PROBLEM STATEMENT
Where the records below show a line containing "#![tactic(auto)]", start copying; end with the line containing "result ≡ can_be_dotted", and copy it too.

### INFORMATION

// One octet of a source address of an aggregate report: whether it goes on the open number, or ends it.
#![tactic(auto)]

ghost use Rattle.std.specs.Prelude.{◌≡◌, ◌&&◌, eqb, ltb};
ghost use Rattle.report_form.specs.code.ReportReading.{can_be_dotted, can_be_grouped, lower_hex, digit_value, is_last};
ghost use Rattle.report_address.specs.code.Addresses.{kind_of, only_zero_in, dotted_on, grouped_on, ends_in};

// Whether an address of a kind (0 either, 1 dotted, else of groups) can be dotted.
fn can_dot(kind: u8) -> bool
    ensures { result ≡ can_be_dotted (kind_of kind) }
{
    kind <= 1
}

// Whether it can be one of groups.
fn can_group(kind: u8) -> bool
    ensures { result ≡ can_be_grouped (kind_of kind) }
{
    kind != 1
}

// Whether the open number is a 0, which nothing follows.
fn is_zero(digits: u8, sixteen: u16) -> bool
    ensures { result ≡ only_zero_in digits sixteen }
{
    digits != 0 && sixteen == 0
}

// Whether an octet is a hexadecimal digit in lower case.
fn is_hex(x: u8) -> bool
    ensures { result ≡ lower_hex x }
{
    text_class::is_digit(x) || text_class::is_between(x, b'a', b'f')
}

// The value of a digit.
pub fn value_of(x: u8) -> u8
    ensures { result ≡ digit_value x }
{
    if text_class::is_digit(x) {
        x - 48
    } else {
        x.saturating_sub(87)
    }
}

// Whether an octet goes on a number of a dotted address.
pub fn goes_dotted(kind: u8, digits: u8, ten: u16, sixteen: u16, x: u8) -> bool
    ensures { result ≡ dotted_on kind digits ten sixteen x }
{
    can_dot(kind)
        && text_class::is_digit(x)
        && !is_zero(digits, sixteen)
        && u32::from(ten) * 10 + u32::from(value_of(x)) <= 255
}

// Whether an octet goes on a group, which makes no mapped address; `five`: five groups 0 stand before it.
pub fn goes_grouped(kind: u8, five: bool, digits: u8, sixteen: u16, x: u8) -> bool
    ensures { result ≡ grouped_on kind five digits sixteen x }
{
    can_group(kind)
        && is_hex(x)
        && !is_zero(digits, sixteen)
        && !(five && u32::from(sixteen) * 16 + u32::from(value_of(x)) == 65535)
}

// Whether the open number is the last of its address.
fn is_last_number(kind: u8, numbers: u8) -> bool
    ensures { result ≡ is_last (kind_of kind) numbers }
{
    match kind {
        0 => false,
        1 => numbers == 3,
        _ => numbers == 7,
    }
}

// Whether an octet ends the open number, `numbers` standing before it.
pub fn ends_number(kind: u8, numbers: u8, digits: u8, x: u8) -> bool
    ensures { result ≡ ends_in kind numbers digits x }
{
    if digits == 0 {
        return false;
    }
    match x {
        b'<' => is_last_number(kind, numbers),
        b'.' => can_dot(kind) && numbers < 3,
        b':' => can_group(kind) && numbers < 7,
        _ => false,
    }
}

######

RESPONSE BELOW
#![tactic(auto)]

ghost use Rattle.std.specs.Prelude.{◌≡◌, ◌&&◌, eqb, ltb};
ghost use Rattle.report_form.specs.code.ReportReading.{can_be_dotted, can_be_grouped, lower_hex, digit_value, is_last};
ghost use Rattle.report_address.specs.code.Addresses.{kind_of, only_zero_in, dotted_on, grouped_on, ends_in};

// Whether an address of a kind (0 either, 1 dotted, else of groups) can be dotted.
fn can_dot(kind: u8) -> bool
    ensures { result ≡ can_be_dotted (kind_of kind) }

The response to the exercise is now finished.